El triunfo no fue casualidad. Detrás del milagro se encuentra la mano firme de Ricardo Zielinski, el entrenador que supo poner a punto a su plantel para los cuatro compromisos decisivos de los playoffs. Su carácter, esa capacidad de no rendirse jamás, permitió a Belgrano remontar partidos que se escapaban de sus manos, tanto ante Argentinos como ahora frente al poderoso River. El “Millonario”, en cambio, tuvo la final servida en bandeja y no supo resolverla. Las cartas que se jugaron desde los bancos de suplentes terminaron inclinando la balanza hacia el lado del Pirata.

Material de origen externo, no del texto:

//! Decides which kind of scenario a text is meant as.

ghost use Rattle.std.specs.Prelude.{◌≡◌, IfOk};
ghost use Rattle.serde_json.specs.View.{view};
ghost use Rattle.mencius_input.specs.Kinds.{has_field, has_run_field, kind_in, kind_of};

use crate::field::{Field, run_fields};
use mencius_base::NoMemory;
use mencius_json::{crowd_in, tree_of};
use serde_json::Value;
use std::alloc::Global;

/// The kind of a scenario.
#[derive(Clone, Copy, Debug, PartialEq, Eq)]
pub enum Kind {
    /// Events that are replayed or traced.
    Replay,
    /// A plan that workers follow.
    Run,
}

// Returns whether a field is present.
fn has_field(field: Field, value: &Value) -> bool
    ensures { result ≡ has_field field (view value.now) }
{
    value.get(field.name()).is_some()
}

// Returns whether any field is present that only the scenario of a run has.
#[tactic(auto, unfolding(crate::specs::Kinds::has_run_field))]
fn has_run_field(value: &Value) -> bool
    ensures { result ≡ has_run_field (view value.now) }
{
    for field in run_fields() {
        if has_field(*field, value) {
            return true;
        }
    }
    has_field(Field::Commands, value)
}

// Returns the kind that a value is meant as.
fn kind_of_value(value: &Value) -> Kind
    ensures { result ≡ kind_of (view value.now) }
{
    if !has_field(Field::Events, value) && has_run_field(value) {
        Kind::Run
    } else {
        Kind::Replay
    }
}

/// Returns the kind of scenario that a text is meant as. The fields of the text decide this. The kind is `Run` if the
/// text has no field `events`, but a field that only a run has, such as `workers` or `commands`. Otherwise it is
/// `Replay`. It is also `Replay` if the text is not JSON, or has too many signs for a tree (see
/// [`crowd_in`](mencius_json::crowd_in)).
///
/// # Errors
///
/// `NoMemory` if memory ran out.
#[tactic(auto, using(crate::proofs::JsonTexts::utf8_yes, crate::proofs::JsonTexts::utf8_no))]
pub fn kind_of(alloc: Global, bytes: &[u8]) -> Result<Kind, NoMemory>
    ensures { IfOk result (λ kind. kind ≡ kind_in bytes.now) }
{
    if crowd_in(bytes).is_some() {
        return Ok(Kind::Replay);
    }
    let Ok(text) = std::str::from_utf8(bytes) else {
        return Ok(Kind::Replay);
    };
    match tree_of(alloc, text)? {
        Some(value) => Ok(kind_of_value(&value)),
        None => Ok(Kind::Replay),
    }
}
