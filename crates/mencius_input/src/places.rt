//! Finds the place of a fault in a scenario.

ghost use Rattle.std.specs.Prelude.{◌≡◌, ◌&&◌, IfOk, None, Ok, Some, find, is_some, option_map, true};
ghost use Rattle.serde_json.specs.Find.{as_number, as_object};
ghost use Rattle.serde_json.specs.Read.{read};
ghost use Rattle.serde_json.specs.View.{items_view, view};
ghost use Rattle.mencius_input.specs.FieldsOf.{field_number, fields};
ghost use Rattle.mencius_input.specs.declared.field.Field.TheVariants.{Servers};
ghost use Rattle.mencius_input.specs.Places.{count_place, field_named, field_place, first_in, first_item, first_of, first_place, is_great_number, is_lacking, is_limit, is_shape, items_place, lack_place, list_field_place, list_place, names_in, not_whole, number_place, place_in, place_state, version_in};

use crate::faulty_items::{first_item, is_limit, is_shape};
use crate::field::{Field, list_field, whole_fields};
use crate::kind::Kind;
use json::{Reader, Scratch};
use mencius_base::NoMemory;
use mencius_format::NEWEST_VERSION;
use mencius_io::IoFault;
use mencius_json::{MOST_DEPTH, pass, tree_of};
use serde_json::Value;
use std::alloc::Global;

/// A place where a scenario has a fault.
#[derive(Debug, Drop, PartialEq, Eq)]
pub enum Place {
    /// The whole value, which is not an object.
    NoObject,
    /// A field that no scenario of the kind has.
    Unknown {
        name: String,
    },
    /// A field that is missing.
    Missing {
        field: Field,
    },
    /// A field that is not a whole number, or is past its limits.
    Number {
        field: Field,
    },
    /// A field with a number that is too great to be read as a whole number.
    GreatNumber {
        field: Field,
    },
    /// A field that is not a list.
    NoList {
        field: Field,
    },
    /// An event. `index` counts from 0, and `version` is the version that the event is judged by. `text` is the text of
    /// the event, or `None` if it is not a string.
    Event {
        index: usize,
        version: u64,
        text: Option<String>,
    },
    /// An item of the commands that is not a list. `list` is its index, from 0.
    NoSublist {
        list: usize,
    },
    /// A command. `list` is the index of its list, and `index` is its index there, both from 0. `version` is the
    /// version that the command is judged by. `text` is the text of the command, or `None` if it is not a string.
    Command {
        list: usize,
        index: usize,
        version: u64,
        text: Option<String>,
    },
    /// The commands, if they are `count` lists and not one list for each of the servers.
    Lists {
        count: usize,
        servers: u64,
    },
}

// Returns the whole number of a field, or its default if the field is missing.
#[tactic(auto, unfolding(crate::specs::FieldsOf::field_number))]
fn said_number(scenario: &Value, field: Field) -> Option<u64>
    ensures { result ≡ field_number field (view scenario.now) }
{
    match scenario.get(field.name()) {
        Some(value) => value.as_u64(),
        None => field.default(),
    }
}

// Returns the version that events and commands are judged by. It is the version of the scenario, or the newest version
// if the scenario has not a whole number as its version.
fn version_in(scenario: &Value) -> u64
    ensures { result ≡ version_in (view scenario.now) }
{
    said_number(scenario, Field::Version).unwrap_or(NEWEST_VERSION)
}

// Finds the place of the fault in an item of the commands.
fn place_in_list(
    alloc: Global,
    version: u64,
    list: usize,
    value: &Value,
    fault: IoFault,
) -> Result<Option<Place>, NoMemory>
    ensures { IfOk result (λ o. option_map place_state o
        ≡ list_place fault version list (view value.now)) }
{
    let Some(items) = value.as_array() else {
        if is_shape(fault) {
            return Ok(Some(Place::NoSublist { list }));
        }
        return Ok(None);
    };
    match first_item(alloc, Kind::Run, version, items.as_slice(), fault)? {
        Some((index, text)) => Ok(Some(Place::Command {
            list,
            index,
            version,
            text,
        })),
        None => Ok(None),
    }
}

// Finds the first place of the fault in the lists of commands.
fn first_in_lists(
    alloc: Global,
    version: u64,
    lists: &[Value],
    fault: IoFault,
) -> Result<Option<Place>, NoMemory>
    ensures { IfOk result (λ o. option_map place_state o
        ≡ first_of (list_place fault version) 0 (items_view lists.now)) }
{
    for (list, value) in lists.iter().enumerate() {
        let place = place_in_list(alloc, version, list, value, fault)?;
        if place.is_some() {
            return Ok(place);
        }
    }
    Ok(None)
}

// Returns the commands as the place of a `BadLimit` if they are not one list for each server. The number of servers
// must be within its limits.
fn lists_amiss(scenario: &Value, count: usize, fault: IoFault) -> Option<Place>
    ensures { option_map place_state result
        ≡ count_place fault count (field_number Servers (view scenario.now)) }
{
    let servers = said_number(scenario, Field::Servers)?;
    if is_limit(fault) && Field::Servers.is_within(servers) && count as u64 != servers {
        return Some(Place::Lists { count, servers });
    }
    None
}

// Finds the place of the fault in the commands of a run.
fn place_in_commands(
    alloc: Global,
    scenario: &Value,
    lists: &[Value],
    fault: IoFault,
) -> Result<Option<Place>, NoMemory>
    ensures { IfOk result (λ o. option_map place_state o
        ≡ items_place Kind.Run fault (view scenario.now) (items_view lists.now)) }
{
    let place = first_in_lists(alloc, version_in(scenario), lists, fault)?;
    if place.is_some() {
        return Ok(place);
    }
    Ok(lists_amiss(scenario, lists.len(), fault))
}

// Finds the place of the fault in the events of a schedule.
fn place_in_events(
    alloc: Global,
    scenario: &Value,
    events: &[Value],
    fault: IoFault,
) -> Result<Option<Place>, NoMemory>
    ensures { IfOk result (λ o. option_map place_state o
        ≡ items_place Kind.Replay fault (view scenario.now) (items_view events.now)) }
{
    let version = version_in(scenario);
    match first_item(alloc, Kind::Replay, version, events, fault)? {
        Some((index, text)) => Ok(Some(Place::Event {
            index,
            version,
            text,
        })),
        None => Ok(None),
    }
}

// Finds the place of the fault in the field that is a list.
fn place_in_list_field(
    alloc: Global,
    kind: Kind,
    scenario: &Value,
    fault: IoFault,
) -> Result<Option<Place>, NoMemory>
    ensures { IfOk result (λ o. option_map place_state o
        ≡ list_field_place kind fault (view scenario.now)) }
{
    let field = list_field(kind);
    let Some(value) = scenario.get(field.name()) else {
        return Ok(None);
    };
    let Some(items) = value.as_array() else {
        if is_shape(fault) {
            return Ok(Some(Place::NoList { field }));
        }
        return Ok(None);
    };
    match kind {
        Kind::Replay => place_in_events(alloc, scenario, items.as_slice(), fault),
        Kind::Run => place_in_commands(alloc, scenario, items.as_slice(), fault),
    }
}

// Returns whether a value is a number too great to be read as a whole number. A fraction just below 2 to the 64th is
// too great if it rounds to that power.
fn is_great(value: &Value) -> bool
    ensures { result ≡ is_great_number (as_number (view value.now)) }
{
    match value.as_number() {
        Some(number) => match number.as_u64() {
            Some(_) => false,
            None => number.as_f64().unwrap_or(0.0) >= 18_446_744_073_709_551_616.0,
        },
        None => false,
    }
}

// Returns the place of a field that is not a whole number.
fn not_whole(field: Field, value: &Value) -> Place
    ensures { place_state result ≡ not_whole field (view value.now) }
{
    if is_great(value) {
        Place::GreatNumber { field }
    } else {
        Place::Number { field }
    }
}

// Finds the place of the fault in a field that should be a whole number.
fn place_in_number(scenario: &Value, field: Field, fault: IoFault) -> Option<Place>
    ensures { option_map place_state result ≡ number_place fault field (view scenario.now) }
{
    let value = scenario.get(field.name())?;
    match value.as_u64() {
        None => {
            if is_shape(fault) {
                return Some(not_whole(field, value));
            }
            None
        }
        Some(number) => {
            if is_limit(fault) && !field.is_within(number) {
                return Some(Place::Number { field });
            }
            None
        }
    }
}

// Returns the field of a kind that is a whole number and has this name.
fn field_named(kind: Kind, name: &str) -> Option<Field>
    ensures { result ≡ field_named kind name.now }
{
    for field in whole_fields(kind) {
        if name == field.name() {
            return Some(*field);
        }
    }
    None
}

// Finds the place of the fault in the field with this name. `in_list` is the place of the fault in the field that is a
// list. It is returned when the name of that field first comes. So the list is examined only once, even if its field is
// written several times.
fn place_named(
    alloc: Global,
    kind: Kind,
    in_list: &mut Option<Place>,
    scenario: &Value,
    name: &str,
    fault: IoFault,
) -> Result<Option<Place>, NoMemory>
    requires { option_map place_state in_list.old ≡ list_field_place kind fault (view scenario.now) }
    ensures place { IfOk result (λ o. option_map place_state o
        ≡ field_place kind fault (view scenario.now) name.now) }
    ensures kept { result ≡ Ok None → in_list.new ≡ in_list.old }
{
    match field_named(kind, name) {
        Some(field) => Ok(place_in_number(scenario, field, fault)),
        None => {
            if name == list_field(kind).name() {
                return Ok(in_list.take());
            }
            if is_shape(fault) {
                let name = String::from_str(alloc, name)?;
                return Ok(Some(Place::Unknown { name }));
            }
            Ok(None)
        }
    }
}

// Finds the first place of the fault in the fields, in the order of the text.
fn first_in_fields(
    alloc: Global,
    kind: Kind,
    text: &str,
    scenario: &Value,
    fault: IoFault,
) -> Result<Option<Place>, NoMemory>
    requires of { read text.now ≡ Some (view scenario.now) }
    requires object { is_some (as_object (view scenario.now)) ≡ true }
    ensures { IfOk result (λ o. option_map place_state o
        ≡ first_in kind fault (view scenario.now) (names_in text.now)) }
{
    let mut scratch = Scratch::new(alloc);
    let mut reader = Reader::new(text, &mut scratch)?;
    let _brace = reader.next();
    let mut in_list = place_in_list_field(alloc, kind, scenario, fault)?;
    'fields: while let Ok(Some(name)) = reader.next_key() {
        let place = place_named(alloc, kind, &mut in_list, scenario, name, fault)?;
        if place.is_some() {
            return Ok(place);
        }
        if pass(&mut reader, MOST_DEPTH - 1).is_err() {
            return Ok(None);
        }
    }
    Ok(None)
}

// Returns whether a field must be present, but is missing.
fn is_lacking(scenario: &Value, field: Field) -> bool
    ensures { result ≡ is_lacking (view scenario.now) field }
{
    field.default().is_none() && scenario.get(field.name()).is_none()
}

// Returns the first field that must be present, but is missing.
fn first_lack(kind: Kind, scenario: &Value) -> Option<Field>
    ensures { result ≡ find (is_lacking (view scenario.now)) (fields kind) }
{
    for field in whole_fields(kind) {
        if is_lacking(scenario, *field) {
            return Some(*field);
        }
    }
    let list = list_field(kind);
    if is_lacking(scenario, list) {
        return Some(list);
    }
    None
}

// Returns the first field that must be present, but is missing, as the place of a `BadShape`.
fn lack_in(kind: Kind, scenario: &Value, fault: IoFault) -> Option<Place>
    ensures { option_map place_state result ≡ lack_place kind fault (view scenario.now) }
{
    if !is_shape(fault) {
        return None;
    }
    let field = first_lack(kind, scenario)?;
    Some(Place::Missing { field })
}

// Finds the first place of the fault in a text, which must be JSON. `scenario` is the value of the text.
fn place_in(
    alloc: Global,
    kind: Kind,
    text: &str,
    scenario: &Value,
    fault: IoFault,
) -> Result<Option<Place>, NoMemory>
    requires { read text.now ≡ Some (view scenario.now) }
    ensures { IfOk result (λ o. option_map place_state o
        ≡ place_in kind fault (names_in text.now) (view scenario.now)) }
{
    if scenario.as_object().is_none() {
        if is_shape(fault) {
            return Ok(Some(Place::NoObject));
        }
        return Ok(None);
    }
    let place = first_in_fields(alloc, kind, text, scenario, fault)?;
    if place.is_some() {
        return Ok(place);
    }
    Ok(lack_in(kind, scenario, fault))
}

/// Finds the first place in a text that has the fault `BadShape` or `BadLimit`. The text is read as a scenario of the
/// kind. Places come in the order of the text, and a missing field comes last. Returns `None` if no place of the text
/// has the fault.
///
/// # Errors
///
/// `NoMemory` if memory ran out.
pub fn place_of(
    alloc: Global,
    kind: Kind,
    bytes: &[u8],
    fault: IoFault,
) -> Result<Option<Place>, NoMemory>
    ensures { IfOk result (λ o. option_map place_state o ≡ first_place kind fault bytes.now) }
{
    let Ok(text) = std::str::from_utf8(bytes) else {
        return Ok(None);
    };
    match tree_of(alloc, text)? {
        Some(scenario) => place_in(alloc, kind, text, &scenario, fault),
        None => Ok(None),
    }
}
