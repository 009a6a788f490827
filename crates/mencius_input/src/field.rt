//! The table of the fields of scenarios, with their names, their ranges and their defaults. `specs/FieldsOf.antt`
//! defines the same table.

ghost use Rattle.std.specs.Prelude.{◌≡◌, position};
ghost use Rattle.std.specs.Str.{bytes_eq};
ghost use Rattle.mencius_input.specs.FieldsOf.{default_of, field_name, is_field_within, list_field, row, run_fields, whole_fields};

use crate::kind::Kind;
use mencius_base::{GREATEST_BETA, GREATEST_LOSS, MOST_SERVERS, MOST_TURNS, MOST_WORKERS};
use mencius_format::{FIRST_VERSION, NEWEST_VERSION};

/// A field of a scenario of `replay`, of a scenario of `run`, or of both.
#[derive(Clone, Copy, Debug, PartialEq, Eq)]
pub enum Field {
    Version,
    Servers,
    Beta,
    Workers,
    Seed,
    Turns,
    Loss,
    Events,
    Commands,
}

/// The shape of a field's value.
#[derive(Clone, Copy)]
pub(crate) enum Shape {
    /// A whole number from `least` to `greatest`. `default` is the number of a missing field, or `None` if the field
    /// must not be missing.
    Whole {
        least: u64,
        greatest: u64,
        default: Option<u64>,
    },
    /// A list.
    List,
}

// A row of the table, with the name of a field and the shape of its value.
#[derive(Clone, Copy)]
pub(crate) struct Row {
    pub name: &'static str,
    pub shape: Shape,
}

// The fields that are whole numbers. The fields of both kinds come first.
const WHOLE_FIELDS: [Field; 7] = [
    Field::Version,
    Field::Servers,
    Field::Beta,
    Field::Workers,
    Field::Seed,
    Field::Turns,
    Field::Loss,
];

// The number of whole numbers that both kinds have.
const SHARED: usize = 3;

// Returns the row of a field that is a whole number.
fn whole_row(name: &'static str, least: u64, greatest: u64, default: Option<u64>) -> Row
    ensures name { result.name.now ≡ name.now }
    ensures shape { result.shape ≡ Shape.Whole least greatest default }
{
    let shape = Shape::Whole {
        least,
        greatest,
        default,
    };
    Row { name, shape }
}

// Returns the row of a field that is a list.
fn list_row(name: &'static str) -> Row
    ensures name { result.name.now ≡ name.now }
    ensures shape { result.shape ≡ Shape.List }
{
    let shape = Shape::List;
    Row { name, shape }
}

impl Field {
    // Returns the row of the field.
    fn row(self) -> Row
        ensures name { result.name.now ≡ field_name self }
        ensures shape { result.shape ≡ (row self).shape }
    {
        match self {
            Field::Version => whole_row("version", FIRST_VERSION, NEWEST_VERSION, None),
            Field::Servers => whole_row("servers", 1, MOST_SERVERS as u64, None),
            Field::Beta => whole_row("beta", 0, GREATEST_BETA as u64, Some(0)),
            Field::Workers => whole_row("workers", 1, MOST_WORKERS as u64, None),
            Field::Seed => whole_row("seed", 0, u64::MAX, None),
            Field::Turns => whole_row("turns", 0, MOST_TURNS as u64, None),
            Field::Loss => whole_row("loss", 0, GREATEST_LOSS as u64, None),
            Field::Events => list_row("events"),
            Field::Commands => list_row("commands"),
        }
    }

    /// Returns the name of the field.
    pub(crate) fn name(self) -> &'static str
        ensures { result.now ≡ field_name self }
    {
        self.row().name
    }

    /// Returns the shape of the field's value.
    pub(crate) fn shape(self) -> Shape
        ensures { result ≡ (row self).shape }
    {
        self.row().shape
    }

    /// Returns the number of the field if it is missing, or `None` if it must not be missing.
    pub(crate) fn default(self) -> Option<u64>
        ensures { result ≡ default_of self }
    {
        match self.shape() {
            Shape::Whole { default, .. } => default,
            Shape::List => None,
        }
    }

    /// Returns whether a whole number is within the limits of the field.
    #[tactic(auto, unfolding(crate::specs::FieldsOf::is_field_within))]
    pub(crate) fn is_within(self, number: u64) -> bool
        ensures { result ≡ is_field_within self number }
    {
        match self.shape() {
            Shape::Whole {
                least,
                greatest,
                ..
            } => least <= number && number <= greatest,
            Shape::List => false,
        }
    }
}

/// Returns the fields of a kind that are whole numbers.
pub(crate) fn whole_fields(kind: Kind) -> &'static [Field]
    ensures { result.now ≡ whole_fields kind }
{
    match kind {
        Kind::Replay => &WHOLE_FIELDS[..SHARED],
        Kind::Run => &WHOLE_FIELDS,
    }
}

/// Returns the fields that are whole numbers and belong only to `run`.
pub(crate) fn run_fields() -> &'static [Field]
    ensures { result.now ≡ run_fields }
{
    &WHOLE_FIELDS[SHARED..]
}

/// Returns the field of a kind that is a list.
pub(crate) fn list_field(kind: Kind) -> Field
    ensures { result ≡ list_field kind }
{
    match kind {
        Kind::Replay => Field::Events,
        Kind::Run => Field::Commands,
    }
}

/// Returns the index of the field with this name among the fields of a kind that are whole numbers.
pub(crate) fn index_of_name(kind: Kind, name: &str) -> Option<usize>
    ensures { result ≡ position (λ field. bytes_eq name.now (field_name field)) (whole_fields kind) }
{
    whole_fields(kind)
        .iter()
        .position(|field| name == field.name())
}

Zielinski, el mismo estratega que en 2011 condujo a River al descenso y que hoy grita campeón desde otra vereda, repitió las movidas que ya le habían dado resultado en la semifinal: el ingreso de Franco Vázquez, “Uvita” Fernández y Ramiro Hernández reimpulsó a un equipo que parecía exhausto. La respuesta fue inmediata y contundente. Del otro lado, Marcelo Coudet desarmó su propia defensa al introducir a Pezzella por un Acuña nuevamente lesionado, desplazando a Martínez Quarta como segundo marcador central y relegando a Rivero al lateral izquierdo. En el instante más crítico de la tarde, River se desmembró en su propia retaguardia y lo pagó a un precio altísimo. El carácter indomable de Belgrano, ese que no negocia ni con la lógica ni con los favoritismos, dejó al gigante de Núñez con las manos vacías.
Córdoba entera, desde las sierras hasta la Cañada, se viste de fiesta. Porque esta noche no se celebra solo un campeonato: se celebra la llegada de un nuevo tiempo. El fútbol argentino tiene un campeón inesperado, popular y laburante. El cielo, definitivamente, se tiñó de celeste.